Functional importance of a pair of conserved glutamic acid residues and of Ca²⁺ binding in the cbb ₃-type oxygen reductases from rhodobacter sphaeroides and vibrio cholerae

The cbb₃-type cytochrome c oxidases are members of the family of heme-copper proton pumping respiratory oxygen reductases. The structure of the cbb₃-type oxidase from Pseudomonas stutzeri reveals that, in addition to the six redox-active metal centers (two b-type hemes, three c-type hemes, and Cu_B), the enzyme also contains at least one Ca²⁺. The calcium bridges two propionate carboxyls at the interface between the low-spin heme b and the active-site heme b₃ and, in addition, is ligated to a serine in subunit CcoO and by a glutamate in subunit CcoN. The glutamate that is ligated to Ca²⁺ is one of a pair of glutamic acid residues that has previously been suggested to be part of a proton exit pathway for pumped protons. In this work, mutations of these glutamates are investigated in the cbb₃-type oxidases from Vibrio cholerae and Rhodobacter sphaeroides.

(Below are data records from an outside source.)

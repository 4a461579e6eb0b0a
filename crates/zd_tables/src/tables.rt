//! The map and the bitmaps in the blocks of a set.

ghost use Rattle.std.specs.Prelude.{◌≡◌, ◌+◌, ◌*◌, ◌/◌, ◌<◌, ◌≤◌, length};
ghost use Rattle.zd_base.specs.Geometry.{zone_count};
ghost use Rattle.zd_base.specs.Layout.{Fits, used_blocks};
ghost use Rattle.zd_tables.specs.Tables.{entry_in_blocks, bits_in_blocks};

use zd_base::{Geometry, Layout, ZoneNo};
use zd_map::{MapEntry, get};
use zd_sets::SetBlocks;

/// The map entries of a block.
const ENTRIES: u32 = 512;

/// The map entry of a chunk.
pub fn entry(blocks: &SetBlocks, chunk: u32) -> MapEntry
    requires inside { 4096 * (2 + chunk / 512) ≤ length blocks.now }
    ensures { result ≡ entry_in_blocks blocks.now chunk }
{
    get(
        blocks.block(1 + chunk / ENTRIES),
        (chunk % ENTRIES) as usize,
    )
}

/// The bitmap of a zone: which of its blocks are valid.
pub fn bits<'a>(
    blocks: &'a SetBlocks,
    geometry: &Geometry,
    layout: &Layout,
    zone: ZoneNo,
) -> &'a [u8]
    requires fits { Fits geometry.now layout.now }
    requires size { length blocks.now ≡ 4096 * used_blocks geometry.now layout.now }
    requires zone { zone < zone_count geometry.now }
    ensures value { result.now ≡ bits_in_blocks geometry.now layout.now blocks.now zone }
    ensures count { geometry.now.zone_blocks ≤ 8 * length result.now }
{
    let per = geometry.per();
    blocks.blocks(1 + layout.map_blocks + zone.0 * per, per)
}
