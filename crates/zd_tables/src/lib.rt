//! The tables of a volume in the blocks of a set: the map and the bitmaps.
//!
//! A zone's bitmap is one block, or two where zones have 65,536 blocks: its parts.
//!
//! # What is proved
//!
//! `VolumeTables` is seen as the bytes of the used blocks of a set. `entry`, `bits`, `valid` and
//! `run_at` are exact, and so are `weight` and `first_valid`, which count and search nothing: what
//! they answer is kept for each bitmap block. `set_entry` changes one entry (`ChangesEntry`),
//! `set_range` and `clear_range` the bits of one range of a zone (`ChangesBits`), and nothing else:
//! also bits and entries that belong to no block and no chunk stay, and other blocks of the set do
//! (`SetsEntry`, `SetsBits`). The answer of a change of bits says exactly in which of both parts a
//! bit was changed (`TellsParts`). No call but `new` takes memory.
#![tactic(auto)]

mod part;
mod tables;
mod volume_tables;

pub use part::ChangedParts;
pub use tables::{bits, entry};
pub use volume_tables::VolumeTables;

Metal analysis shows that each of these wild-type enzymes contains Ca ²⁺. Mutations of the glutamate expected to ligate the Ca²⁺ in each of these enzymes (E126 in V. cholerae and E180 in R. sphaeroides) result in a loss of activity as well as a loss of Ca²⁺. Mutations of the nearby glutamate (E129 in V. cholerae and E183 in R. sphaeroides) also resulted in a loss of oxidase activity and a loss of Ca²⁺. It is concluded that the Ca²⁺ is essential for assembly of the fully functional enzyme and that neither of the glutamates is likely to be part of a pathway for pumped protons within the cbb₃-type oxygen reductases. A more likely role for these glutamates is the maintenance of the structural integrity of the active conformation of the enzyme.